Sunburn Symptoms on Dogs 

Sunburned dog nose

Sunburn in dogs is very similar to sunburn in humans. But because of their fur, it might be a little harder to see. 

You might notice red patches on any hairless areas. Similarly, a sunburned dog may be sensitive to touch or even itchy over the area. 

Other signs of sunburn in dogs include:

  • Reaction to being petted (painful skin)
  • Skin that is pink or even red
  • Itchiness
  • Peeling skin (seen as flakes)

In severe cases, you may see blisters, hair loss, and skin infections. Dogs can also develop fevers and increased panting.

Do Dogs Need Sunscreen?

Yes, sunscreen that is formulated specifically for dogs is recommended if you and your dog plan on spending time outdoors without access to shaded areas. This may include beach days, hiking trips, or dog-park visits on sunny, hot days. 

Sunscreen is especially important for hairless breeds or light-colored dogs. However, it is a good idea to put sunscreen on all dogs, regardless of their coat type, as a preventive measure. 

Do not use human sunscreen on dogs. Human sunblock may include toxic ingredients for dogs and can be harmful if your dog licks or ingests it.   

Dog Sunburn Treatment

Most mild cases of dog sunburn can be treated at home. However, it’s important to contact your veterinarian for an appointment if your dog has any of the signs of severe sunburn or if their skin isn’t improving after 48 hours. 

It’s also imperative that you take your dog to the nearest open veterinary clinic or emergency hospital immediately if your dog is showing any signs of heatstroke, which often goes hand-in-hand with sunburn.

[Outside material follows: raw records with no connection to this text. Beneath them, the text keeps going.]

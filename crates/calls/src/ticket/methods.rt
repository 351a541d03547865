// What a ticket's record is asked and told.
ghost use Rattle.std.specs.Prelude.{◌≡◌, ◌≤◌, length, min};
ghost use Rattle.network.specs.Runs.{over};
ghost use Rattle.calls.specs.Records.{Packed, all_in, values, Receives, Sends};

use super::Ticket;
use fabric::parts::{Flit, WORDS};

// Whether every one of the first places holds a word.
fn all_received(received: &[Option<u32>; WORDS], places: usize) -> bool
    requires { places ≤ 4 }
    ensures { result ≡ all_in received.now places }
{
    received.iter().take(places).all(|word| word.is_some())
}

impl Ticket {
    pub(crate) fn new(destination: u8, words: &[u32]) -> Ticket
        requires { length words.now ≤ 4 }
        ensures { Packed result destination words.now }
    {
        let mut copied = [0; WORDS];
        copied[..words.len()].copy_from_slice(words);
        Ticket {
            destination,
            size: words.len() as u8,
            sent: 0,
            words: copied,
            received: [None; WORDS],
        }
    }

    // How many places the words take. A ghost field that says `size ≤ 4` would keep the record from being lent in place.
    fn places(&self) -> usize
        ensures { result ≡ min self.now.size 4 }
    {
        usize::from(self.size).min(WORDS)
    }

    // Whether every word of its packet is received.
    pub(crate) fn complete(&self) -> bool
        ensures { result ≡ all_in self.now.received (min self.now.size 4) }
    {
        all_received(&self.received, self.places())
    }

    // Writes the words received over the front of a memory.
    pub(crate) fn write(&self, memory: &mut [u32])
        requires { self.now.size ≤ length memory.old }
        ensures { memory.new ≡ over (values self.now.received (min self.now.size 4)) memory.old }
    {
        let places = self.places();
        let words = self.received.map(|word| word.unwrap_or(0));
        memory[..places].copy_from_slice(&words[..places]);
    }

    // Writes a word at its place.
    pub(crate) fn receive(&mut self, number: u8, word: u32)
        ensures { Receives self.old self.new number word }
    {
        let k = usize::from(number);
        if k < WORDS {
            self.received[k] = Some(word);
        }
    }

    // The next flit of the packet, if one is left.
    pub(crate) fn send(&mut self, ticket: u16, cycle: u32) -> Option<Flit>
        ensures { Sends self.old self.new ticket cycle result }
    {
        let word = *self.words.get(usize::from(self.sent))?;
        let flit = Flit {
            ticket,
            number: self.sent,
            destination: self.destination,
            word,
            entered: cycle,
        };
        self.sent += 1;
        Some(flit)
    }
}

At home, you should take your dog out of the sun as soon as you notice any signs of sunburn. You may be able to relieve some of the discomfort with a cold bath or cold compresses. However, you should never leave wet towels on your dog as this can cause them to heat up. Try to maintain skin moisture – moisturizing shampoos are best if you have to wash your dog’s coat. Soothing aloe vera can be applied to the area, but it’s important to get a product that is safe for sunburned dogs. If your dog has nose sunburn, try not to apply any creams as it’s likely they’ll simply lick them off. You also shouldn’t apply any products to broken or blistered skin – this is severe sunburn and needs veterinary attention.

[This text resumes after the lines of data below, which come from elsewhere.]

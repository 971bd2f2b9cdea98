//! Whether the markers of a step are the labels beyond the window of its axis.
ghost use Rattle.std.specs.Prelude.{◌≡◌, ◌<◌, ◌&&◌, ◌++◌, true, false, nat_eq, None, Some, length, IfOk};
ghost use Rattle.std.specs.List.{list_any};
ghost use Rattle.wt_grid.specs.First.{or_else};
ghost use Rattle.wt_grid.specs.Order.{first_in};
ghost use Rattle.wt_step.specs.Words as step_words;
ghost use Rattle.wt_markov.specs.Follow as follow;
ghost use Rattle.wt_markov.specs.Turns.{IsEdges};
ghost use Rattle.wt_markov.specs.WindowFaults as faults;
ghost use Rattle.wt_grid.specs.Answers.{FailsBy};
ghost use Rattle.wt_markov.specs.Law.{MarksWindow};

use crate::WindowFault;
use crate::edges::{Edges, edges_on, meets_side};
use crate::pairs::region;
use wt_grid::{Axis, Side, is_among};
use wt_induce::is_half;
use wt_plane::HalfPlane;
use wt_step::{RawStep, StepRef};
use wt_torus::{Labelled, Partition, Torus};

fn side_fault(side: Side) -> Option<WindowFault>
    ensures { result ≡ faults.side_fault side }
{
    match side {
        Side::After => None,
        Side::Before => Some(WindowFault::Side),
    }
}

fn half_fault(axis: Axis, torus: &Torus) -> Option<WindowFault>
    ensures { result ≡ faults.half_fault axis torus.now }
{
    if is_half(axis, torus) {
        Some(WindowFault::Half)
    } else {
        None
    }
}

fn is_marker(raw: &RawStep, a: u16) -> bool
    ensures { result ≡ step_words.is_marker raw.now a }
{
    is_among(a, raw.markers.as_slice())
}

fn label_fault(region: usize, beyond: bool, inside: bool, marked: bool) -> Option<WindowFault>
    ensures { result ≡ faults.label_fault region beyond inside marked }
{
    if beyond && !marked {
        Some(WindowFault::Outside { region })
    } else if inside && marked {
        Some(WindowFault::Inside { region })
    } else {
        None
    }
}

// The fault of region i, where both sides of the edge are within the limit.
fn window_fault_at(raw: &RawStep, edges: &Edges, p: &Partition, i: usize) -> Option<WindowFault>
    requires edges { IsEdges raw.now.axis p.now.torus edges.now }
    requires fit { faults.edges_fit raw.now.axis p.now.torus ≡ true }
    requires i { i < length p.now.regions }
    ensures { result ≡ faults.window_fault_at raw.now p.now i }
{
    let q = region(p, i);
    let beyond = meets_side(&edges.beyond, q);
    let inside = meets_side(&edges.inside, q);
    let marked = is_marker(raw, q.label);
    label_fault(i, beyond, inside, marked)
}

#[tactic(auto, using(wt_grid::proofs::First::first_more))]
fn regions_fault(raw: &RawStep, edges: &Edges, p: &Partition) -> Option<WindowFault>
    requires edges { IsEdges raw.now.axis p.now.torus edges.now }
    requires fit { faults.edges_fit raw.now.axis p.now.torus ≡ true }
    ensures { result ≡ faults.regions_fault raw.now p.now }
{
    for i in 0..p.regions.as_slice().len() {
        if let Some(fault) = window_fault_at(raw, edges, p, i) {
            return Some(fault);
        }
    }
    None
}

// Whether a region on this side has the label.
fn has_label(side: &[HalfPlane], label: u16, regions: &[Labelled]) -> bool
    ensures { result ≡ list_any (λ q. nat_eq q.label label && follow.meets (q.region.planes ++ side.now)) regions.now }
{
    for q in regions {
        if q.label == label && meets_side(side, q) {
            return true;
        }
    }
    false
}

fn nowhere_at(raw: &RawStep, edges: &Edges, p: &Partition, marker: u16) -> Option<WindowFault>
    requires { IsEdges raw.now.axis p.now.torus edges.now }
    ensures { result ≡ faults.nowhere_at raw.now p.now marker }
{
    if has_label(&edges.beyond, marker, p.regions.as_slice()) {
        None
    } else {
        Some(WindowFault::Nowhere { marker })
    }
}

// The first marker that labels no region beyond the edge.
fn nowhere(raw: &RawStep, edges: &Edges, p: &Partition) -> Option<WindowFault>
    requires { IsEdges raw.now.axis p.now.torus edges.now }
    ensures { result ≡ first_in (faults.nowhere_at raw.now p.now) raw.now.markers }
{
    for marker in raw.markers.as_slice() {
        if let Some(fault) = nowhere_at(raw, edges, p, *marker) {
            return Some(fault);
        }
    }
    None
}

// The fault of the regions, then of the markers.
fn edges_fault(raw: &RawStep, edges: &Edges, p: &Partition) -> Option<WindowFault>
    requires edges { IsEdges raw.now.axis p.now.torus edges.now }
    requires fit { faults.edges_fit raw.now.axis p.now.torus ≡ true }
    ensures { result ≡ or_else (faults.regions_fault raw.now p.now)
        (first_in (faults.nowhere_at raw.now p.now) raw.now.markers) }
{
    match regions_fault(raw, edges, p) {
        Some(fault) => Some(fault),
        None => nowhere(raw, edges, p),
    }
}

fn first_marker(raw: &RawStep) -> Option<WindowFault>
    ensures { result ≡ first_in (λ a. Some (WindowFault.Nowhere a)) raw.now.markers }
{
    match raw.markers.as_slice().first() {
        Some(marker) => Some(WindowFault::Nowhere { marker: *marker }),
        None => None,
    }
}

// The same where a number of the edge is out of limit: without a region nothing is asked of it.
#[tactic(auto, using(crate::proofs::Edged::unfit, crate::proofs::Edged::no_regions))]
fn unfit_fault(raw: &RawStep, p: &Partition) -> Option<WindowFault>
    requires unfit { faults.edges_fit raw.now.axis p.now.torus ≡ false }
    ensures { result ≡ or_else (faults.regions_fault raw.now p.now)
        (first_in (faults.nowhere_at raw.now p.now) raw.now.markers) }
{
    if p.regions.as_slice().is_empty() {
        first_marker(raw)
    } else {
        Some(WindowFault::TooLarge)
    }
}

// What is found wrong at the regions and the markers.
fn found_fault(raw: &RawStep, p: &Partition) -> Option<WindowFault>
    ensures { result ≡ or_else (faults.regions_fault raw.now p.now)
        (first_in (faults.nowhere_at raw.now p.now) raw.now.markers) }
{
    match edges_on(raw.axis, &p.torus) {
        Ok(edges) => edges_fault(raw, &edges, p),
        Err(_) => unfit_fault(raw, p),
    }
}

#[tactic(auto, unfolding(crate::specs::WindowFaults::window_fault))]
fn window_fault(raw: &RawStep, p: &Partition) -> Option<WindowFault>
    ensures { result ≡ faults.window_fault raw.now p.now }
{
    if let Some(fault) = side_fault(raw.side) {
        return Some(fault);
    }
    if let Some(fault) = half_fault(raw.axis, &p.torus) {
        return Some(fault);
    }
    found_fault(raw, p)
}

/// Whether the markers of a step of side after are just the labels beyond the window of its axis: each region that has points
/// of the box beyond the window's edge is labelled with a marker, none that has points inside it is, and each marker labels a
/// region beyond it. Else the first fault: `Side` exactly where the step's side is before; `Half` exactly where twice the
/// move is the length; then at the first region that has one `TooLarge`, exactly where a half-plane of the box or of the
/// window has a number out of limit, `Outside` or `Inside`; then `Nowhere` with the first marker that labels no region
/// beyond the window. A region that meets neither side is asked nothing. Takes no memory.
pub fn marker_window(step: StepRef<'_>, p: &Partition) -> Result<(), WindowFault>
    ensures exact { FailsBy result (faults.window_fault step.entry.raw.now p.now) }
    ensures holds { IfOk result (λ _. MarksWindow step.entry.raw.now p.now) }
{
    match window_fault(step.raw, p) {
        None => Ok(()),
        Some(fault) => Err(fault),
    }
}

If you have to visit a veterinary clinic for a dog sunburn, your vet will similarly apply cooling and soothing products to red skin that isn’t severely damaged. However, they will be more concerned with treating severe skin burns and may recommend medications such as pain relief and antibiotics as well as wound treatment. 

How to Prevent Dog Sunburns

Applying sunscreen on dog

There are things you can do to mitigate your dog’s risk of getting a sunburn. Follow these tips to keep your dog’s skin safe:

Watch the weather forecast. If you have a dog who is at risk of sunburn, you should watch the UV forecast. When it’s medium or high, it’s time to get out the sun protection for your dog. If you have to go outdoors, avoid the sun during hours when it is the strongest – typically between 11 a.m. and 3 p.m.

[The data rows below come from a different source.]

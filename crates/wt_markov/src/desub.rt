//! Codes of points taken apart by a good step.
ghost use Rattle.std.specs.Prelude.{◌≡◌, ◌≤◌, None, IfOk};
ghost use Rattle.wt_pattern.specs.Patterns.{IsPattern};
ghost use Rattle.wt_torus.specs.Codes.{IsCode, code_fault, code_of};
ghost use Rattle.wt_markov.specs.Agree.{Agrees};
ghost use Rattle.wt_markov.specs.CodeDesub.{margin_fault, code_desub_fault, IsTakenApart, FailsByCode};
ghost use Rattle.wt_markov.specs.CodeDesub as spec;
ghost use Rattle.wt_markov.specs.Faults.{markov_fault};
ghost use Rattle.wt_markov.specs.WindowFaults.{window_fault};
ghost use Rattle.wt_grid.specs.Answers.{FailsByOr};

use crate::CodeDesubFault;
use std::alloc::Global;
use wt_grid::MAX_SIDE;
use wt_pattern::Pattern;
use wt_plane::Point;
use wt_step::{Coarse, DesubFault, LinkRef, StepRef, cuts_are_the_border_lines, desubstitute};
use wt_torus::{CodeFault, Partition, code, sound};

fn coded(
    alloc: Global,
    p: &Partition,
    z: &Point,
    w: usize,
    h: usize,
) -> Result<Pattern, CodeDesubFault>
    requires wide { (1 ≤ w) × (w ≤ MAX_SIDE) }
    requires high { (1 ≤ h) × (h ≤ MAX_SIDE) }
    ensures letters { IfOk result (λ g. IsCode p.now z.now g) }
    ensures code { IfOk result (λ g. g ≡ code_of p.now z.now w h) }
    ensures fault { FailsByCode result (code_fault p.now z.now w h) }
{
    match code(alloc, p, z, w, h) {
        Ok(g) => Ok(g),
        Err(CodeFault::OutOfMemory) => Err(CodeDesubFault::OutOfMemory),
        Err(fault) => Err(CodeDesubFault::Code(fault)),
    }
}

fn refusal(fault: DesubFault) -> CodeDesubFault
    ensures { result ≡ spec.refusal fault }
{
    match fault {
        DesubFault::NotValid(_) | DesubFault::TooSmall => CodeDesubFault::TooSmall,
        DesubFault::OutOfMemory => CodeDesubFault::OutOfMemory,
    }
}

fn taken_apart(alloc: Global, step: StepRef<'_>, g: &Pattern) -> Result<Coarse, CodeDesubFault>
    requires { IsPattern step.raw.now.fine.tiles g.now }
    ensures made { IfOk result (λ c. IsTakenApart step.entry.raw.now g.now c) }
    ensures fault { FailsByOr result (margin_fault step.entry.raw.now g.now) CodeDesubFault.OutOfMemory }
{
    match desubstitute(alloc, LinkRef::Marker(step), g) {
        Ok(coarse) => Ok(coarse),
        Err(fault) => Err(refusal(fault)),
    }
}

/// The code of a point, taken apart by a good step for whose fine set `markov` accepts the partition, and for which
/// `marker_window` does: the coarse pattern has, at each block where the induced code is defined, the coarse tile whose image
/// is the image of the induced letter. `Code` with the fault of `code`, where that has one; then `TooSmall` exactly where the
/// core of the code has fewer than three lines along the axis or no cell across. That the code isn't valid never comes.
pub fn code_desub(
    alloc: Global,
    step: StepRef<'_>,
    p: &Partition,
    z: &Point,
    w: usize,
    h: usize,
) -> Result<Coarse, CodeDesubFault>
    requires markov { markov_fault step.raw.now.fine.tiles p.now ≡ None }
    requires window { window_fault step.raw.now p.now ≡ None }
    requires wide { (1 ≤ w) × (w ≤ MAX_SIDE) }
    requires high { (1 ≤ h) × (h ≤ MAX_SIDE) }
    ensures code { IfOk result (λ _. IsCode p.now z.now (code_of p.now z.now w h)) }
    ensures made { IfOk result (λ c. IsTakenApart step.entry.raw.now (code_of p.now z.now w h) c) }
    ensures agrees { IfOk result (λ c. Agrees step.entry.raw.now p.now z.now (code_of p.now z.now w h) c.pattern) }
    ensures fault { FailsByOr result (code_desub_fault step.entry.raw.now p.now z.now w h) CodeDesubFault.OutOfMemory }
{
    sound(p);
    z.point();
    cuts_are_the_border_lines();
    let g = coded(alloc, p, z, w, h)?;
    taken_apart(alloc, step, &g)
}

Apply sunscreen. Protect any exposed areas with sunblock for dogs. This should be applied to ears, bald patches, and anywhere else you’re worried that your dog might burn. It’s very important to use a product specifically designed for pets, as many human sunscreens are toxic if your dog licks them. Aim for dog sunblock with SPF 30 or more, as dog skin doesn’t naturally have much protection against the sun. Apply dog sunscreen 20 minutes before going out and reapply regularly, especially if they’ve been swimming

Consider protective clothing. Where larger areas of skin are at risk, such as with Mexican Hairless dogs or those suffering with generalized alopecia, you should invest in protective clothing. Just as beach clothing for babies, this provides a thin layer that keeps your dog’s skin safe from the sun. Just remember that, although the layer is thin, it still traps some heat. You should still be aware that your dog could be at risk of heatstroke.

Avoid the sun for ultimate protection. It’s always best to avoid the sun when you can. Sunburn is not the only risk on warm-weather days. Heatstroke can quickly happen in the sun and it does kill dogs every year. Wherever possible, keep your dog in a cool house (with a fan on or air conditioning running) on extremely warm days.